Version 0.2 (accepted)

· · Academic Editor

Accept

Dear Prof. Niggli,

Many thanks for your response and clarifications. Many congratulations on your interesting and informative paper: I enjoyed reading it. Have an excellent day!

Version 0.1 (original submission)

· · Academic Editor

Minor Revisions

I agree with the reviewers that this submission is largely clearly written and the experiments justify the conclusions, and that it represents an advance of current knowledge. However, there is a consensus view that a few minor experimental and manuscript points would need to be addressed prior to acceptance for publication, which fall under two main categories.

1. Experimental
Though the data look convincing, I agree with reviewer 2 that the inclusion of another negative control comprising the use of two primary antibodies to proteins that do not interact would increase confidence in the data.
2. Manuscript
I also agree with reviewer 1 that, although the manuscript is largely well-written, it could do with a proof-read to weed out minor mistakes. Examples here include the one highlighted by reviewer 2, I also noticed:
Line 42: remove 'anymore'.
Line 48: replace 'allows detection also of' with 'also allows detection of'.
Line 115: replace 'We now investigated' with 'In the present study, we have investigated' or 'Here, we have investigated'.
I also think some detailed clarification of the image analysis would also be helpful, especially given this is the focus of the paper. For example, in the materials and methods, it says 100 cells per condition were evaluated, but in the text some of the numbers corresponding to total cell number analysed don't tally with this figure (e.g. a total of 261 cells analysed for n=3 in Fig. 4B). Similarly, I think you should indicate if the data are derived from a confocal stack or from a representative optical section (I'm assuming it's the latter, but I'm not sure).

Reviewer 1 ·

Basic reporting

No comments.

Experimental design

No comments.

Validity of the findings

No comments.

Comments for the author

Baumann et al. examine pair-wise proximity of proteins, such as flotillin-1 and 2, phosphorylated ERM, PSGL-1 and PIPKI╬│90, that are important for structuring the uropod during T-cell polarization. Previously, FRET and biochemical approaches have suggested associations among these proteins. However, FRET is based on over-expression while biochemical assays lack spatial information and are prone to post-lysis artifacts. The authors use the Proximity Ligation Assay to investigate associations of the endogenous proteins before and after T-cell stimulation. They find that flotillin-1/flotillin-2, flotillin-2/p-ERM, flotillin-2/PSGL-1 and PIPKI╬│90/p-ERM complexes pre-exist in un-stimulated cells and become confined in the uropod upon stimulation. The results nicely confirm and extend previous findings.
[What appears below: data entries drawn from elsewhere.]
ghost use Rattle.barline_follow.specs.Bars as bars;
ghost use Rattle.barline_follow.specs.Offers as prices;
ghost use Rattle.barline_follow.specs.Offers.{AreFirstOffers};
ghost use Rattle.rhythm_base.specs.declared.limits.TheConstants.{HEAVIEST_ONSET};
ghost use Rattle.std.specs.Prelude.{◌≡◌, ◌≤◌, ◌<◌, ◌^◌, ◌++◌, List, [], ◌∷◌, IfOk, All, OnOk, filter, max};

use crate::barlines::whole_bar;
use crate::least::{Valued, keep};
use rhythm_base::{Grammar, Performance};
use std::alloc::{AllocError, Global};

/// A length that is offered for a bar, and its price.
#[derive(Clone, Copy, Debug, PartialEq, Eq)]
pub struct Offer {
    /// What is added to a list's value.
    pub price: u64,
    /// The length in ticks.
    pub ticks: u64,
}

impl Valued for Offer {
    ghost value = { λ o. o.price };

    ghost tick = { λ o. o.ticks };

    fn value(&self) -> u64 {
        self.price
    }

    fn tick(&self) -> u64 {
        self.ticks
    }
}

/// The length that a bar has in the tempo of the bar before, which has so many ticks. The first bar is a whole bar.
fn in_tempo(performance: &Performance, number: usize, before: u64) -> u64
    requires { before < 2 ^ 33 }
    ensures value { result ≡ prices.in_tempo performance.now number before }
    ensures short { result < 2 ^ 60 }
{
    if number == 0 {
        whole_bar(performance, 0)
    } else {
        whole_bar(performance, number) * before / whole_bar(performance, number - 1)
    }
}

/// The step by which a bar's length is varied.
fn bar_step(performance: &Performance, number: usize) -> u64
    ensures value { result ≡ bars.bar_step performance.now number }
    ensures short { result < 2 ^ 27 }
{
    (whole_bar(performance, number) / 96).max(1)
}

/// How many steps a bar's length is varied by.
fn reach(number: usize) -> u64
    ensures value { result ≡ prices.most_steps number }
    ensures few { result ≤ 12 }
{
    if number == 0 { 12 } else { 3 }
}

/// The lengths that are so many steps from a whole bar and from one in tempo, with their price.
fn proposed(weight: u64, whole: u64, tempo: u64, step: u64, steps: u64) -> [Offer; 4]
    requires light { weight ≤ HEAVIEST_ONSET }
    requires short { whole < 2 ^ 27 }
    requires short_tempo { tempo < 2 ^ 60 }
    requires short_step { step < 2 ^ 27 }
    requires few { steps ≤ 12 }
    ensures { result ≡ prices.proposed weight whole tempo step steps }
{
    let price = 6 * weight * (steps * steps);
    let shift = steps * step;
    let offer = |ticks: u64| Offer { price, ticks };
    [
        offer(whole.saturating_sub(shift)),
        offer(whole + shift),
        offer(tempo.saturating_sub(shift)),
        offer(tempo + shift),
    ]
}

/// The length is from a half to one and a half of a whole bar.
fn is_offered(whole: u64, offer: Offer) -> bool
    requires short { whole < 2 ^ 27 }
    requires short_offer { offer.ticks < 2 ^ 61 }
    ensures { result ≡ prices.is_offered whole offer }
{
    whole <= 2 * offer.ticks && 2 * offer.ticks <= 3 * whole
}

/// Keeps those of the proposals that are offered.
fn keep_offered(offers: &mut Vec<Offer>, whole: u64, proposals: &[Offer]) -> Result<(), AllocError>
    requires short { whole < 2 ^ 27 }
    requires short_offers { All (λ o. o.ticks < 2 ^ 61) proposals.now }
    requires kept { (xs : List Offer) × AreFirstOffers xs offers.old.items }
    ensures { (xs : List Offer) → AreFirstOffers xs offers.old.items
        → OnOk result (AreFirstOffers (xs ++ filter (prices.is_offered whole) proposals.now) offers.new.items) }
{
    'proposals: for proposal in proposals {
        if is_offered(whole, *proposal) {
            keep(offers, *proposal)?;
        }
    }
    Ok(())
}

/// What is offered for a bar after a bar of so many ticks, by price and then by length.
pub fn offers(
    alloc: Global,
    grammar: &Grammar,
    performance: &Performance,
    number: usize,
    before: u64,
) -> Result<Vec<Offer>, AllocError>
    requires early { grammar.now.early ≤ HEAVIEST_ONSET }
    requires late { grammar.now.late ≤ HEAVIEST_ONSET }
    requires before { before < 2 ^ 33 }
    ensures { IfOk result (λ v. prices.AreOffers grammar.now performance.now number before v.items) }
{
    let weight = u64::from(grammar.early.max(grammar.late));
    let whole = whole_bar(performance, number);
    let tempo = in_tempo(performance, number, before);
    let step = bar_step(performance, number);
    let mut offers = Vec::new(alloc);
    'steps: for steps in 0..reach(number) + 1 {
        let proposals = proposed(weight, whole, tempo, step, steps);
        keep_offered(&mut offers, whole, &proposals)?;
    }
    Ok(offers)
}
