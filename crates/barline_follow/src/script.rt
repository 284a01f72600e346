ghost use Rattle.barline_follow.specs.Script as scripts;
ghost use Rattle.rhythm_base.specs.declared.limits.TheConstants.{MOST_BARS};
ghost use Rattle.rhythm_base.specs.declared.edit.Edit.{Edit};
ghost use Rattle.std.specs.Prelude.{◌≡◌, ◌+◌, ◌*◌, ◌<◌, ◌≤◌, ◌^◌, ◌++◌, ◌-◌, All, IfOk, OnOk, length, replicate};

use crate::barlines::{barlines, lengthened, pace, whole_bar};
use crate::stages::push_stages;
use rhythm_base::{Edit, Performance};
use std::alloc::{AllocError, Global};

/// Appends so many lines that add a bar.
fn push_added(script: &mut Vec<Edit>, count: usize) -> Result<(), AllocError>
    ensures { OnOk result (script.new.items ≡ script.old.items ++ replicate count Edit.AddBar) }
{
    'bars: for _number in 0..count {
        script.push(Edit::AddBar)?;
    }
    Ok(())
}

/// Appends so many lines that drop a bar.
fn push_dropped(script: &mut Vec<Edit>, count: usize) -> Result<(), AllocError>
    ensures { OnOk result (script.new.items ≡ script.old.items ++ replicate count Edit.DropBar) }
{
    'bars: for _number in 0..count {
        script.push(Edit::DropBar)?;
    }
    Ok(())
}

/// The edit script that leads from the barlines of a performance to these. Among the barlines is that of the first bar, at 0.
pub fn follow_script(
    alloc: Global,
    performance: &Performance,
    goal: &[u64],
) -> Result<Vec<Edit>, AllocError>
    requires few { length goal.now ≤ 2 * MOST_BARS + 1 }
    requires ticks { All (λ tick. tick ≤ 2 ^ 32) goal.now }
    ensures { IfOk result (λ v. v.items ≡ scripts.script performance.now goal.now) }
{
    let ticks = barlines(alloc, performance)?;
    let bar = whole_bar(performance, performance.bars().len() - 1);
    let from = lengthened(alloc, bar, goal.len(), ticks.as_slice())?;
    let to = lengthened(alloc, bar, ticks.len(), goal)?;
    let mut script = Vec::new(alloc);
    push_added(&mut script, goal.len().saturating_sub(ticks.len()))?;
    push_stages(
        alloc,
        &mut script,
        pace(performance),
        from.as_slice(),
        to.as_slice(),
    )?;
    push_dropped(&mut script, ticks.len().saturating_sub(goal.len()))?;
    Ok(script)
}
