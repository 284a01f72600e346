ghost use Rattle.bar_pool.specs.Pool.{RisesWithin};
ghost use Rattle.barline_follow.specs.Gathered.{HasGathered};
ghost use Rattle.barline_follow.specs.Gathering.{GathersAll, GathersMore};
ghost use Rattle.barline_follow.specs.Longer.{draft_of};
ghost use Rattle.barline_follow.specs.NextBars.{IsNextBar};
ghost use Rattle.barline_follow.specs.PassedOver.{IsUntried, IsWeighed};
ghost use Rattle.grammar_plan.specs.Plans.{IsPlan};
ghost use Rattle.rhythm_base.specs.Counter.{risen};
ghost use Rattle.std.specs.Prelude.{◌≡◌, ◌*◌, All, IfOk, OnOk, length, map};

use crate::barring::Barring;
use crate::batch::cost_lists;
use crate::crew::Crew;
use crate::find::find;
use crate::longer::Longer;
use crate::next_bar::NextBar;
use crate::round::Round;
use bar_pool::Rooms;
use least_cost::Steps as Builds;
use rhythm_base::Tag;
use rhythm_ports::{Gate, Means};
use std::alloc::{AllocError, Global};
use std::thread::Threads;

/// Gathers what lists with a bar more come to. Those that are passed over change nothing.
fn add_all(
    alloc: Global,
    next: &NextBar,
    lists: &[Longer<'_>],
    round: &mut Round,
) -> Result<(), AllocError>
    requires next { IsNextBar next.now }
    requires round { HasGathered round.old }
    requires weighed { All (IsWeighed next.now round.old (length next.now.voices.now)) lists.now }
    ensures { GathersMore next.now (map draft_of lists.now) round.old result round.new }
{
    'lists: for list in lists {
        if list.is_out() {
            continue;
        }
        let found = find(alloc, next, list.course(), list.offer(), list.costs())?;
        round.add(found)?;
    }
    Ok(())
}

/// Gathers all lists with a bar more, some of them at a time.
pub fn gather<R: Threads + Sync, G: Gate + Sync, B: Tag>(
    means: &Means<'_, R, G>,
    next: &NextBar,
    lists: Vec<Longer<'_>>,
    best: Option<Barring>,
    crew: &Crew<'_>,
    rooms: &mut Rooms,
    builds: &mut Builds<B>,
) -> Result<Round, AllocError>
    requires next { IsNextBar next.now }
    requires plan { IsPlan next.now.grammar.now crew.now.plan.now }
    requires lists { All (IsUntried next.now) lists.items }
    ensures gathered { IfOk result (GathersAll next.now (map draft_of lists.entry.items) best) }
    ensures builds { OnOk result (builds.new ≡ risen builds.old (length next.now.voices.now * length lists.entry.items)) }
    ensures most { RisesWithin builds.old builds.new (length next.now.voices.now * length lists.entry.items) }
{
    let size = crew.batch();
    let mut round = Round::begin(means.alloc, best);
    let mut batch = lists;
    'batches: while !batch.is_empty() {
        let later = batch.split_off(size.min(batch.len()))?;
        cost_lists(
            means,
            next,
            &round,
            batch.as_mut_slice(),
            crew,
            rooms,
            builds,
        )?;
        add_all(means.alloc, next, batch.as_slice(), &mut round)?;
        batch = later;
    }
    Ok(round)
}
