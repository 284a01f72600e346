ghost use Rattle.barline_follow.specs.Barring.{Barring, barring_value, course_value, is_below};
ghost use Rattle.barline_follow.specs.Gathered.{AreAmong, AreFew, GathersOne, HasGathered, IsFrontOf, IsGathered};
ghost use Rattle.barline_follow.specs.PassedOver.{RulesOut};
ghost use Rattle.std.specs.Prelude.{◌≡◌, ◌<◌, ◌≤◌, [], All, Some, filter, length, take, true};

use crate::barring::{Barring, Course, better};
use crate::least::{Valued, has_as_low, keep};
use std::alloc::{AllocError, Global};
use std::marker::Model;

/// How many lists go on to the next round.
const MOST_KEPT: usize = 24;

/// What a longer list comes to: it has no trees, it goes on, or it is whole.
#[derive(Drop)]
pub enum Outcome {
    Lost,
    Going(Course),
    Whole(Barring),
}

/// A round as far as its longer lists are gathered.
#[derive(Drop)]
pub struct Round {
    kept: Vec<Course>,
    best: Option<Barring>,
}

impl Model for Round {
    ghost use Rattle.barline_follow.specs.Gathered.{Round};

    ghost Value = { Round };

    ghost view = { λ r. record { kept = r.kept.items; best = r.best } };
}

/// Takes out what is not below the best.
fn clear_above(kept: &mut Vec<Course>, best: &Option<Barring>)
    ensures { kept.new.items ≡ filter (λ t. is_below best.now t.barring) kept.old.items }
{
    if let Some(best) = best {
        let most = best.value();
        kept.retain(|course| course.value() < most);
    }
}

/// The best is of no more than the value.
fn is_best_within(best: &Option<Barring>, low: u64) -> bool
    ensures { result ≡ true → (b : Barring) × (best.now ≡ Some b) × (barring_value b ≤ low) }
{
    match best {
        None => false,
        Some(best) => best.value() <= low,
    }
}

/// As many are kept as may be, and all of them are below the value.
fn are_all_below(kept: &[Course], low: u64) -> bool
    ensures { result ≡ true → (length kept.now ≡ 24) × All (λ k. course_value k < low) kept.now }
{
    if kept.len() != MOST_KEPT {
        return false;
    }
    'kept: for course in kept {
        if course.value() >= low {
            return false;
        }
    }
    true
}

impl Round {
    /// A round with no list yet, where there may be a best from the rounds before.
    pub fn begin(alloc: Global, best: Option<Barring>) -> Round
        ensures { IsGathered best [] [] result }
    {
        Round {
            kept: Vec::new(alloc),
            best,
        }
    }

    /// Gathers one more list.
    pub fn add(&mut self, outcome: Outcome) -> Result<(), AllocError>
        requires { HasGathered self.old }
        ensures { GathersOne self.old outcome result self.new }
    {
        match outcome {
            Outcome::Lost => Ok(()),
            Outcome::Going(course) => {
                keep(&mut self.kept, course)?;
                self.kept.truncate(MOST_KEPT);
                Ok(())
            }
            Outcome::Whole(barring) => {
                self.best = better(self.best.take(), barring);
                Ok(())
            }
        }
    }

    /// Whether a longer list that ends at the tick changes nothing, whatever it comes to that is at least this value.
    pub fn rules_out(&self, is_closed: bool, tick: u64, low: u64) -> bool
        ensures { result ≡ true → RulesOut is_closed tick low self.now }
    {
        if is_closed {
            return is_best_within(&self.best, low);
        }
        let kept = self.kept.as_slice();
        has_as_low(kept, tick, low) || are_all_below(kept, low)
    }

    /// The next front and the best.
    pub fn close(self) -> (Vec<Course>, Option<Barring>)
        ensures best { result.1 ≡ self.best }
        ensures front { IsFrontOf self result.0.items }
        ensures among { AreAmong self result.0.items }
        ensures few { AreFew self result.0.items }
    {
        let Round { mut kept, best } = self;
        clear_above(&mut kept, &best);
        (kept, best)
    }
}
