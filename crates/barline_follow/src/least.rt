ghost use Rattle.barline_follow.specs.Least.{AreFirstLeast, comes_before};
ghost use Rattle.rhythm_base.specs.Lists.{AreInOrder, list_with};
ghost use Rattle.std.specs.Cmp.Lexicographic.{slice_cmp};
ghost use Rattle.std.specs.List.{AllWithin};
ghost use Rattle.std.specs.Ordering.{is_lt, nat_cmp};
ghost use Rattle.std.specs.Prelude.{◌≡◌, ◌≢◌, ◌≤◌, ◌++◌, ℕ, List, [], ◌∷◌, Contains, OnOk, false, filter, length, nat_eq, not, true};

use std::alloc::AllocError;

/// What has a value, and stands at a tick.
pub trait Valued {
    ghost value: { Self → ℕ };

    ghost tick: { Self → ℕ };

    fn value(&self) -> u64
        ensures { result ≡ value self.now };

    fn tick(&self) -> u64
        ensures { result ≡ tick self.now };
}

/// It has a lower value, or the same value and a lower tick.
fn is_before<T: Valued>(one: &T, other: &T) -> bool
    ensures { result ≡ is_lt (slice_cmp nat_cmp (T.value one.now ∷ T.tick one.now ∷ []) (T.value other.now ∷ T.tick other.now ∷ [])) }
{
    (one.value(), one.tick()) < (other.value(), other.tick())
}

/// How many of a list stand before an item.
fn count_before<T: Valued>(list: &[T], item: &T) -> usize
    requires { AreInOrder (λ x. T.value x ∷ T.tick x ∷ []) list.now }
    ensures within { result ≤ length list.now }
    ensures front { AllWithin (λ x. comes_before T.value T.tick x item.now ≡ true) list.now 0 result }
    ensures back { AllWithin (λ x. comes_before T.value T.tick x item.now ≡ false) list.now result (length list.now) }
{
    list.partition_point(|other| is_before(other, item))
}

/// Puts one more into a list, at its place.
fn put<T: Valued + Drop>(list: &mut Vec<T>, item: T) -> Result<(), AllocError>
    requires { AreInOrder (λ x. T.value x ∷ T.tick x ∷ []) list.old.items }
    ensures { OnOk result (list.new.items ≡ list_with (λ x. T.value x ∷ T.tick x ∷ []) item list.old.items) }
{
    let place = count_before(list.as_slice(), &item);
    list.insert(place, item)?;
    Ok(())
}

/// One at the tick has at most this value.
pub fn has_as_low<T: Valued>(list: &[T], tick: u64, value: u64) -> bool
    ensures yes { result ≡ true → (x : T) × Contains list.now x × (T.tick x ≡ tick) × (T.value x ≤ value) }
    ensures no { result ≡ false → (x : T) → Contains list.now x → T.tick x ≡ tick → T.value x ≤ value → ⊥ }
{
    'others: for other in list {
        if other.tick() == tick && other.value() <= value {
            return true;
        }
    }
    false
}

/// Takes out what stands at the tick.
fn clear_tick<T: Valued + Drop>(list: &mut Vec<T>, tick: u64)
    ensures { list.new.items ≡ filter (λ x. not (nat_eq (T.tick x) tick)) list.old.items }
{
    list.retain(|other| other.tick() != tick);
}

/// Takes one more into the list of the first of least value at each tick.
pub fn keep<T: Valued + Drop>(kept: &mut Vec<T>, item: T) -> Result<(), AllocError>
    requires { (xs : List T) × AreFirstLeast T.value T.tick xs kept.old.items }
    ensures { (xs : List T) → AreFirstLeast T.value T.tick xs kept.old.items
        → OnOk result (AreFirstLeast T.value T.tick (xs ++ item ∷ []) kept.new.items) }
{
    if has_as_low(kept.as_slice(), item.tick(), item.value()) {
        return Ok(());
    }
    clear_tick(kept, item.tick());
    put(kept, item)
}
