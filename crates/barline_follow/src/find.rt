ghost use Rattle.bar_pool.specs.Costs.{AreAllCosts};
ghost use Rattle.barline_follow.specs.Barring.{barring_end};
ghost use Rattle.barline_follow.specs.Costs.{AreLowCosts, AreLowHeads, costs_with_bar};
ghost use Rattle.barline_follow.specs.Gathered.{found_of, going_in};
ghost use Rattle.barline_follow.specs.NextBars.{IsNextBar, IsCourseOf, IsTried, asked_cells};
ghost use Rattle.barline_follow.specs.Rounds.{IsFound, at_cost, with_bar};
ghost use Rattle.barline_follow.specs.declared.heads.Heads.{Heads};
ghost use Rattle.rhythm_base.specs.declared.limits.TheConstants.{LATEST_TICK};
ghost use Rattle.std.specs.List.{zip};
ghost use Rattle.std.specs.Prelude.{◌≡◌, ◌+◌, ◌<◌, ◌≤◌, ◌^◌, All, IfOk, map};

use crate::barring::{Barring, Course};
use crate::costs::{total, with_bar};
use crate::heads::Heads;
use crate::next_bar::NextBar;
use crate::offers::Offer;
use crate::round::Outcome;
use least_cost::BarCosts;
use std::alloc::{AllocError, Global};

/// The heads of each voice with a bar more, of these costs.
pub fn heads_with(
    alloc: Global,
    heads: &[Heads],
    costs: &[BarCosts],
) -> Result<Vec<Heads>, AllocError>
    requires low { All AreLowHeads heads.now }
    requires low_bars { All (λ bar. AreLowCosts bar.costs) costs.now }
    ensures { IfOk result (λ v. map (λ h. h.costs) v.items ≡ map (λ pair. costs_with_bar pair.0.costs pair.1.costs) (zip heads.now costs.now)) }
{
    let count = heads.len().min(costs.len());
    let mut longer = Vec::with_capacity(alloc, count)?;
    'voices: for voice in 0..count {
        longer.push(with_bar(&heads[voice], &costs[voice]))?;
    }
    Ok(longer)
}

/// The barlines with one more.
fn longer(alloc: Global, barring: &Barring, offer: Offer, cost: u64) -> Result<Barring, AllocError>
    requires early { barring_end barring.now + offer.ticks ≤ LATEST_TICK }
    requires low { cost + (barring.now.prices + offer.price) < 2 ^ 64 }
    ensures { IfOk result (λ b. b ≡ at_cost (with_bar barring.now offer) cost) }
{
    let mut ticks = barring.ticks().to_vec(alloc)?;
    ticks.push(barring.end() + offer.ticks)?;
    Ok(Barring::of(ticks, barring.prices() + offer.price, cost))
}

/// What a list of the front comes to with a bar more, by the costs of this bar.
pub fn find(
    alloc: Global,
    next: &NextBar,
    course: &Course,
    offer: Offer,
    costs: &[BarCosts],
) -> Result<Outcome, AllocError>
    requires next { IsNextBar next.now }
    requires course { IsCourseOf next.now next.now.number course.now }
    requires tried { IsTried next.now (barring_end course.now.barring) offer }
    requires costs { AreAllCosts next.now.grammar.now (asked_cells next.now course.now offer) costs.now }
    ensures found { IfOk result (λ o. IsFound next.now.grammar.now next.now.performance.now (with_bar course.now.barring offer) (found_of o)) }
    ensures going { IfOk result (λ o. All (IsCourseOf next.now (next.now.number + 1)) (going_in o)) }
{
    let heads = heads_with(alloc, course.heads(), costs)?;
    let is_closed = next.closing <= course.barring().end() + offer.ticks;
    let Some(cost) = total(is_closed, heads.as_slice()) else {
        return Ok(Outcome::Lost);
    };
    let barring = longer(alloc, course.barring(), offer, cost)?;
    if is_closed {
        Ok(Outcome::Whole(barring))
    } else {
        Ok(Outcome::Going(Course::of(barring, heads)))
    }
}
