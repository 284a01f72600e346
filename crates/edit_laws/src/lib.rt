//! Edits of a performance: which are refused and why, the performance after the others, the cells that a change reaches, and
//! what becomes of an edit; and the laws of edits. There is no code here but the public functions whose contracts are the laws.
#![tactic(auto)]

mod laws;

pub use laws::{edits_keep_performances, reached_cells_are_one};
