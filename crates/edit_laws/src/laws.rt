ghost use Rattle.edit_laws.specs.Laws.{EditsKeepPerformances, ReachedCellsAreOne};

/// An edit that is not refused leaves a well-formed performance with the same voices, within the limits and with a root
/// symbol for each bar, where it was so before.
pub fn edits_keep_performances()
    ensures { EditsKeepPerformances }
{}

/// The cells that a change of a performance reaches are one list.
pub fn reached_cells_are_one()
    ensures { ReachedCellsAreOne }
{}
The experiments were performed and interpreted well and presented clearly. While studies on the dynamics of these complexes will be needed to reveal the connections between the preformed complexes and the ones confined in the uropod , as it stands the work presented is an important first step. In addition, whether these associations are part of the same complex or separately co-exist represent an important future direction. For the time being, the authors may simply choose to further discuss these points.

Reviewer 2 ·

Basic reporting

The manuscript is generally well presented and easy to follow. I would recommend careful proof-reading since one or two mistakes are still present eg line 152 Fig1C should be 2C.

Experimental design

The use of the proximity ligation assay (PLA) adds information on the co-localisations seen between flotilins, PSGL-1, ERM and PIPKIgamma90 in the uropod of T-cells. The data presented is convincing as far as it goes; the minimum controls are shown for the the PLA assays (leaving out one of the two antibodies) but it's still difficult to really assess what's required for the PLA assay to give a positive signal eg only beta-actin and flotillin2 are shown as an 'irrelevent pair' and they do show significant interaction.

Validity of the findings

The data are robust with the required number of repetitions and statistical analysis.

Comments for the author

Overall, I think this manuscript makes a modest advance over previous work published by this group and others but does not move us on much conceptually in terms of how close associations between proteins in the uropod are created.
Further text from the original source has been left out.